2014年经济学人 小型食品店 美味的熟食(在线收听

Boutique food shops

Deli-licious

As supermarkets flounder, small food and drink retailers are booming

Chi-chi cheese

INVESTORS in Tesco, Britain's largest supermarket chain, could be forgiven for weeping into their Christmas pud this month. On December 9th the retailer issued its fourth profit warning in five months, cutting its full-year trading forecast by almost a third. Shares plunged (again), topping off a dreadful year for the former darling of the City. Tesco's only solace is that it is only doing marginally worse now than its direct competitors, such as Sainsbury's and Morrison's.

There is no need for solace at the Keelham Farm Shop, on the outskirts ofBradford, however. Here it is mulled wine and treats all round, as Victoria Robertshaw, the co-owner, celebrates another fine year and big plans for the future. Founded in the early 1970s, Keelham was one of the country's first modern farm shops, selling meat, vegetables and much else, but only from the family farm or from other local producers. Its growth has been spectacular.

In 2006, Keelham had a turnover of £2m, already large for a farm shop. Today that figure is over £11m, and achieved in one of the less prosperous parts of the country. Such is the demand that Ms Robertshaw is investing £4m next year in opening a much larger Keelham's in Skipton, a nearby town. Her new outlet will also boast a cooking school and a café. Much of what it will sell, such as sausages, will be made on site.

The expansion of Keelham's reflects the robust health of the country's boutique food-and-drink business. There are about 4,000 such businesses today, and more are opening all the time. The National Farmers' Retail and Markets Association, which represents about 300 farm shops, says that many members have reported a 5-10% increase in turnover this year.

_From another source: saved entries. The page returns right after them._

//! Roots that grow: what their places accept, what a lane notes, how the regions live, and what a
//! lane knows.

ghost use Rattle.std.specs.Prelude.{◌≡◌, [], ◌∷◌, ◌++◌, Some, None, is_some, true, Ok, Err};
ghost use Rattle.pool_law.specs.declared.note.Did.{Did};
ghost use Rattle.pool_law.specs.declared.note.Did.TheVariants.{Set, Get, Room, Extend, Grow, End};
ghost use Rattle.pool_law.specs.declared.run.Reply.{Reply};
ghost use Rattle.pool_law.specs.Capacities.{known_of};
ghost use Rattle.pool_law.specs.Logs.{entry_of};
ghost use Rattle.pool_law.specs.Lives.{Got, LivesOn, InOrder, IsUse, moves_of, Begins, Leaves, Keeps, Gives};
ghost use Rattle.pool_law.specs.Text.{note_lines};
ghost use Rattle.definition_rows.specs.Notes.{root, least_region, arena, cache, root_place, view, lines, fetch, mail};
ghost use Rattle.definition_rows.specs.Entries.{alone, access};
ghost use Rattle.definition_rows.specs.GrowthPlays.{sixteen, seventeen, five_pages, second_class, wider, six_region, whole_chunk, after_sixteen, after_seventeen, after_five, grown_with, present_region, regrown, growth, takes_wider, grows_wider, keeps_least, has_grown, grown_logs, left_taken, left_used, wider_taken, wider_used, outrun};

/// A root grows in its region, which stays; what is asked of it is there, or is more than the region
/// holds.
pub fn growth_in_a_region()
    ensures extended { present_region (after_seventeen (Extend 30 ∷ [])) ≡ Some (second_class 1) }
    ensures zeros { is_some
        (after_seventeen (Set 16 (9 ∷ []) ∷ Extend 30 ∷ Get 16 (9 ∷ 0 ∷ 0 ∷ []) ∷ []))
        ≡ true }
    ensures whole_region { is_some (after_seventeen (Extend 32 ∷ Get 31 (0 ∷ []) ∷ [])) ≡ true }
    ensures past_the_region { after_seventeen (Extend 33 ∷ []) ≡ None }
    ensures no_more { after_seventeen (Extend 17 ∷ []) ≡ None }
    ensures shrunk { after_seventeen (Extend 30 ∷ Extend 20 ∷ []) ≡ None }
    ensures enough { after_seventeen (Room 17 17 ∷ []) ≡ after_seventeen [] }
    ensures short { is_some (after_seventeen (Room 33 17 ∷ [])) ≡ true }
    // the region holds it, so the root is extended
    ensures not_short { after_seventeen (Room 30 17 ∷ []) ≡ None }
    ensures told_too_much { after_seventeen (Room 17 18 ∷ []) ≡ None }
    ensures told_the_region { after_seventeen (Room 17 32 ∷ []) ≡ None }
    ensures nobody { after_seventeen (End seventeen ∷ Extend 30 ∷ []) ≡ None }
{}

/// A root grows out of its region: it keeps its bytes, zeros come behind them, and the new region is
/// present.
pub fn growth_out_of_a_region()
    ensures region { present_region (grown_with []) ≡ Some (wider 1) }
    ensures kept { is_some (grown_with (Get 0 (255 ∷ 0 ∷ []) ∷ Get 99 (0 ∷ []) ∷ [])) ≡ true }
    ensures ends { is_some (grown_with (End sixteen ∷ [])) ≡ true }
    ensures again { present_region (grown_with (Extend 112 ∷ [])) ≡ Some (wider 1) }
    ensures bytes_lost { grown_with (Get 0 (0 ∷ []) ∷ []) ≡ None }
    ensures tail_not_cleared { grown_with (Get 16 (7 ∷ []) ∷ []) ≡ None }
    ensures past_the_capacity { grown_with (Get 100 (0 ∷ []) ∷ []) ≡ None }
    ensures past_the_region { after_sixteen (Grow 113 (wider 1) ∷ []) ≡ None }
    // the region that it has holds so much
    ensures without_need { after_sixteen (Grow 16 (wider 1) ∷ []) ≡ None }
    ensures shrunk { grown_with (Grow 20 (least_region 2) ∷ []) ≡ None }
    ensures runs { present_region (after_five (Grow 45056 six_region ∷ [])) ≡ Some six_region }
    ensures to_the_chunk { present_region (after_five (Room 65536 40960 ∷ Grow 65536 whole_chunk
        ∷ []))
        ≡ Some whole_chunk }
    ensures nobody { after_sixteen (End sixteen ∷ Grow 100 (wider 1) ∷ []) ≡ None }
{}

/// What a lane comes to that asks a root for capacity, and that its notes are these alone.
pub fn lanes_that_ask()
    ensures enough { regrown sixteen 10 (access sixteen 3 (Room 10 16) ∷ []) ≡ Some (Ok 16) }
    ensures extended { regrown seventeen 30 (access seventeen 2 (Extend 30) ∷ [])
        ≡ Some (Ok 30) }
    ensures grown { regrown sixteen 100 (takes_wider ++ grows_wider ∷ keeps_least ∷ [])
        ≡ Some (Ok 100) }
    ensures full { regrown five_pages 65536
        (access five_pages 2 (Room 65536 40960) ∷ alone (arena 0 2 (Did.Full 43)) ∷ [])
        ≡ Some (Err Reply.Full) }
    // another lane made it grow meanwhile, and what was taken is kept unused
    ensures outrun { regrown sixteen 100
        (takes_wider ++ access sixteen 6 (Room 100 112)
        ∷ alone (cache 0 6 2 (Did.Kept (wider 0))) ∷ [])
        ≡ Some (Ok 112) }
    ensures outrun_and_extended { regrown sixteen 100
        (takes_wider ++ access sixteen 6 (Extend 100)
        ∷ alone (cache 0 6 2 (Did.Kept (wider 0))) ∷ [])
        ≡ Some (Ok 100) }
{}

/// A lane that notes a growth otherwise is refused.
pub fn growths_refused()
    ensures old_region_held { regrown sixteen 100 (takes_wider ++ grows_wider ∷ []) ≡ None }
    ensures returned_twice { regrown sixteen 100
        (takes_wider ++ grows_wider ∷ keeps_least ∷ alone (arena 0 3 (Did.Give (least_region 1)))
        ∷ [])
        ≡ None }
    ensures returned_before { regrown sixteen 100
        (takes_wider ++ keeps_least ∷ grows_wider ∷ [])
        ≡ None }
    ensures new_region_returned { regrown sixteen 100
        (takes_wider ++ grows_wider ∷ alone (cache 0 6 2 (Did.Kept (wider 1))) ∷ [])
        ≡ None }
    ensures uses_not_raised { regrown sixteen 100
        (takes_wider ++ growth sixteen 5 100 (least_region 1) (wider 0) ∷ keeps_least ∷ [])
        ≡ None }
    ensures another_size { regrown sixteen 100
        (takes_wider ++ growth sixteen 5 112 (least_region 1) (wider 1) ∷ keeps_least ∷ [])
        ≡ None }
    ensures another_root { regrown sixteen 100
        (takes_wider ++ growth seventeen 5 100 (least_region 1) (wider 1) ∷ keeps_least ∷ [])
        ≡ None }
    ensures not_asked { regrown sixteen 100 (grows_wider ∷ keeps_least ∷ []) ≡ None }
    ensures outrun_by_less { regrown sixteen 100
        (takes_wider ++ access sixteen 6 (Room 100 50)
        ∷ alone (cache 0 6 2 (Did.Kept (wider 0))) ∷ [])
        ≡ None }
    ensures outrun_and_used { regrown sixteen 100
        (takes_wider ++ access sixteen 6 (Room 100 112)
        ∷ alone (cache 0 6 2 (Did.Kept (wider 1))) ∷ [])
        ≡ None }
{}

/// A growth stands in two lives: it ends a use of the region that the root leaves, which returns once,
/// and begins one of the region that it goes on in.
pub fn regions_of_a_growth()
    ensures left_lives { LivesOn Got (least_region 0) (moves_of left_used) }
    ensures left_order { InOrder grown_logs left_taken left_used }
    ensures wider_lives { LivesOn Got (wider 0) (moves_of wider_used) }
    ensures wider_order { InOrder grown_logs wider_taken wider_used }
    ensures first_use { IsUse grown_logs sixteen (least_region 1) }
    ensures second_use { IsUse grown_logs sixteen (wider 1) }
    ensures passages { LivesOn Got (wider 0) outrun }
    // the lane of each of these notes has to count the root
    ensures room_entry { entry_of grown_logs (root_place 0 4 (Room 100 16))
        ≡ access sixteen 4 (Room 100 16) }
    ensures growth_entry { entry_of grown_logs (root_place 0 5 (Grow 100 (wider 1))) ≡ grows_wider }
{}

/// No region lives otherwise: it returns behind the growth, once, and its uses are counted.
pub fn lives_refused()
    ensures never_returned { LivesOn Got (least_region 0)
        (Begins sixteen (least_region 1) ∷ Leaves sixteen (least_region 1) ∷ [])
        → ⊥ }
    ensures returned_twice { LivesOn Got (least_region 0)
        (Begins sixteen (least_region 1) ∷ Leaves sixteen (least_region 1) ∷ Keeps (least_region 1)
        ∷ Keeps (least_region 1) ∷ [])
        → ⊥ }
    ensures returned_before { LivesOn Got (least_region 0)
        (Begins sixteen (least_region 1) ∷ Keeps (least_region 1) ∷ Leaves sixteen (least_region 1)
        ∷ [])
        → ⊥ }
    ensures left_by_another { LivesOn Got (least_region 0)
        (Begins sixteen (least_region 1) ∷ Leaves seventeen (least_region 1)
        ∷ Gives (least_region 1) ∷ [])
        → ⊥ }
    ensures uses_not_raised { LivesOn Got (wider 0) (Begins sixteen (wider 0) ∷ []) → ⊥ }
    ensures two_at_once { LivesOn Got (wider 0)
        (Begins sixteen (wider 1) ∷ Begins seventeen (wider 2) ∷ []) → ⊥ }
    ensures taken_and_forgotten { LivesOn Got (wider 0) [] → ⊥ }
    ensures left_in_a_cache { LivesOn Got (wider 0) (Keeps (wider 0) ∷ []) → ⊥ }
    ensures used_once_given { LivesOn Got (wider 0)
        (Gives (wider 0) ∷ Begins sixteen (wider 1) ∷ []) → ⊥ }
{}

/// A lane knows of a root the greatest capacity that its notes told it.
pub fn known_capacities()
    ensures nothing { known_of sixteen [] ≡ 0 }
    ensures grown { known_of sixteen has_grown ≡ 100 }
    ensures of_another { known_of seventeen has_grown ≡ 0 }
    ensures extended { known_of seventeen (access seventeen 2 (Extend 30) ∷ []) ≡ 30 }
    ensures fetched { known_of sixteen (alone (mail 1 0 1 (fetch (view sixteen 20 50 0 0))) ∷ [])
        ≡ 70 }
    ensures greatest { known_of sixteen
        (alone (mail 1 0 1 (fetch (view sixteen 20 50 0 0))) ∷ access sixteen 3 (Room 10 60) ∷ [])
        ≡ 70 }
{}

/// The text of each note.
pub fn notes_of_growth()
    ensures text { note_lines 2
        (root_place 5 3 (Room 10 16) ∷ root_place 5 4 (Extend 30)
        ∷ root_place 5 5 (Grow 100 (wider 1)) ∷ [])
        ≡ lines
        ("note 2 root 5 3 room 10 16"
        ∷ "note 2 root 5 4 extend 30"
        ∷ "note 2 root 5 5 grow 0.0+8192 2 1 100"
        ∷ []) }
{}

Some analysts expected the burgeoning sector of small food-and-drink companies to be decimated by the financial crash of 2008. Surely tasty treats from the local deli would be the first casualties as household budgets were slashed. In fact, the reverse has happened. The sector has not only survived, but prospered, partly due to the change in shopping habits provoked by that same recession.

After 2008 many consumers started shopping at cheaper supermarkets, such as Aldi and Lidl. Customers also started buying in bulk online. However, in contrast to previous downturns, says Hugh Padfield, a director of the Bath Soft Cheese Company, this time people continue to buy basic products at the cheapest price, and spend the money they save on products that are better quality, like his own renowned Bath Blue cheese.

This sort of “promiscuous shopping”, as the analysts call it, is replacing the traditional once-a-week trip to an out-of-town Tesco or Sainsbury's. Those retailers are therefore being squeezed by Aldi and Lidl undercutting them and the farm shops taking business away at the top end, albeit still on a modest scale. Small producers like Mr Padfield are doing very nicely; he has tripled his turnover in just five years, to £750,000, and will struggle to meet all his orders for Christmas. Ms Robertshaw says her prices are not more expensive than those of the supermarkets, putting her produce within range of most shoppers.

Another essential ingredient in the success of the small producers is the increasing demand for locally sourced food. After various scandals inBritain's food production, from “mad-cow disease” to the discovery of horse meat in some products, consumers are much more concerned to know where their food comes from, and how it was produced.

Farm shops and delis thus stress the local content of their food in a way that supermarkets, with their central distributions systems, usually cannot. “Provenance is really important now,” says Asad Khan, who has recently set up a luxury ice-cream business in London, called Snowflake. The fact that his gelati are all made of the best quality British milk and are prepared in the store is a large part of Snowflake's appeal. Mr Khan has seen his turnover more than double in two years of business. He even sells pricey tubs of ice-cream that customers would previously have bought only from a supermarket.